On Thu, 26 Oct 2000, Todd Holbrook wrote:
On Thu, 26 Oct 2000, Daniel Lee wrote:
> I found Freiburger's comments more intriguing. He may have a
> good point about most items only being used once or twice.
I've heard that argument a lot, but have yet to see stats on it. I'm just
finishing up some modifications to the statistics part of our ILL system
and should be able to pull up some of that kind of data for the last year
of requests. I'm curious what I'll find.
He's right, of course, and I'd love to see those stats, Todd (sounds
like a mess of a system... now I remember you telling me about that
But his assessment doesn't account for a few other things, namely having
to do with purpose and changed market conditions. First, napster isn't
perfect either. You can find some obscure stuff sometimes, but more often
than not you're limited to fairly popular stuff. If something like
docster takes off, it will be most precisely useful for eliminating the
redundant scanning and copying and faxing we're all doing for the most
heavily used articles. Perhaps only 1% of requests are repeated more than
100 times, but every repeats means another scan. That's probably a huge
proportion of the actual content flowing through the system, and if it's
only 10% of the total it's still an incredible time savings for our
Second is that he isn't considering the added value individuals provide
when they allow external services to track their interests. I know
there's an ugly big brother thing here, but who among you hasn't
benefitted from the amazon.com recommendation system? It's great!
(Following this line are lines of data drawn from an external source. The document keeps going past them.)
//! The marks of what workers did that a later effect may take from sight.

ghost use Rattle.std.specs.Prelude.{◌≡◌, ◌<◌, ◌-◌, ◌++◌, [], length, IfOk, OnOk};
ghost use Rattle.hist_model.specs.Trees.{ordinal_of};
ghost use Rattle.hist_model.specs.declared.event.Actor.TheVariants.{Worker};
ghost use Rattle.model_kernel.specs.Kernels.{IsKernel, past};
ghost use Rattle.outcome_text.specs.Sight.{done_on, hidden, led_to, marked, marks};

use hist_model::event::What;
use hist_model::request::{NodeRef, Request};
use model_kernel::Kernel;
use outcome_text::hidden_places;
use outcome_text::mark::Mark;
use path_walk::effects::follow;
use path_walk::resolution::Walk;
use std::alloc::Global;
use sys_abi::memory::NoMemory;

/// The node to which a path of a worker's request leads.
#[tactic(auto, using(crate::proofs::Marking::led_there, crate::proofs::Marking::led_nowhere))]
fn led_to(kernel: &Kernel, walk: &mut Walk, worker: u8, path: &[u8]) -> Option<NodeRef>
    requires { IsKernel kernel.now }
    ensures { ordinal_of result ≡ led_to kernel.now.script (past kernel.now) worker path.now }
{
    match follow(
        kernel.tree(),
        kernel.script().root,
        kernel.base(worker),
        path,
        walk,
    ) {
        Ok(node) => Some(node),
        Err(_) => None,
    }
}

/// What a worker's newest step was done on, where it made a mount or set an attribute: the root that it mounted, or the attribute's node.
fn done_on(kernel: &Kernel, walk: &mut Walk, worker: u8, what: &What) -> Option<NodeRef>
    requires { IsKernel kernel.now }
    ensures { ordinal_of result ≡ done_on kernel.now.script (past kernel.now) (Worker worker) what.now }
{
    let What::Act {
        request,
        answer: Ok(()),
        ..
    } = what
    else {
        return None;
    };
    match request.get() {
        Request::Mount { .. } => kernel.tree().newest_mount(),
        Request::SetXattr { path, .. } => led_to(kernel, walk, worker, path.items()),
        _ => None,
    }
}

/// The marks, the oldest first, and the room of the walks that find their nodes.
#[derive(Drop)]
pub(crate) struct Marks {
    list: Vec<Mark>,
    walk: Walk,
}

impl Marks {
    /// No mark.
    pub(crate) fn none(alloc: Global) -> Result<Marks, NoMemory>
        ensures { IfOk result (λ marks. marks.list.items ≡ []) }
    {
        Ok(Marks {
            list: Vec::new(alloc),
            walk: Walk::new(alloc)?,
        })
    }

    /// The marks, the oldest first.
    pub(crate) fn list(&self) -> &[Mark]
        ensures { result.now ≡ self.now.list.items }
    {
        self.list.as_slice()
    }

    /// Marks a worker's newest step, if it made a mount or set an attribute.
    #[tactic(auto, using(crate::proofs::Marking::mark_more, crate::proofs::Marking::mark_none))]
    pub(crate) fn mark(&mut self, kernel: &Kernel, worker: u8, what: &What) -> Result<(), NoMemory>
        requires kernel { IsKernel kernel.now }
        requires begun { 0 < length (past kernel.now) }
        ensures { OnOk result (self.new.list.items ≡ self.old.list.items ++ marked (length (past kernel.now) - 1) (done_on kernel.now.script (past kernel.now) (Worker worker) what.now)) }
    {
        let place = kernel.history().len() - 1;
        if let Some(node) = done_on(kernel, &mut self.walk, worker, what) {
            self.list.push(Mark { place, node })?;
        }
        Ok(())
    }

    /// The places of the marked effects that are out of sight in the kernel's tree.
    pub(crate) fn hidden(&self, alloc: Global, kernel: &Kernel) -> Result<Vec<usize>, NoMemory>
        requires kernel { IsKernel kernel.now }
        requires marks { self.now.list.items ≡ marks kernel.now.script (past kernel.now) }
        ensures { IfOk result (λ places. places.items ≡ hidden kernel.now.script (past kernel.now)) }
    {
        hidden_places(alloc, kernel.tree(), kernel.history(), self.list.as_slice())
    }
}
Imperfect, but still remarkably salient.
Now imagine you're doing obscure research in a biochemistry lab. For your
articles you're keeping a library of bibliographic and fulltext contents
using something like docster with citation management bits thrown in.
Maybe 5% of the articles you'll reference in your original piece will be
widely known, seminal pieces. Maybe 30-50% will be lesser known but still
from prominent publications. The other half is likely to be fairly
obscure for a given topic.
But the fact that you've co-located those obscure articles with the
prominent ones is immensely interesting to everybody else in the world,
just like the amazon "those who bought this also bought..." feature. If
we could harvest that metadata -- even just the metadata -- the group of
articles that used to remain mildly obscure (say, requested only 2-10
times a year) are suddenly going to appear more and more as suggested
readings in metadata environments that track such things. What researcher
doesn't mind a truly good suggestion of something they haven't read?
Good research is always, at some point, exhaustive to some degree. Good
researchers know that they have to take advantage of every useful tool to
make sure their research is thorough.
It certainly would provide an incentive to leave your computer on. And if
you knew that people querying your content were forced to be honest about
making payments, perhaps fewer people would be 'free riders' as described
in the gnutella context.
This would be a huge boon for researchers, and it would skew the numbers
away from what the NLM findings suggest.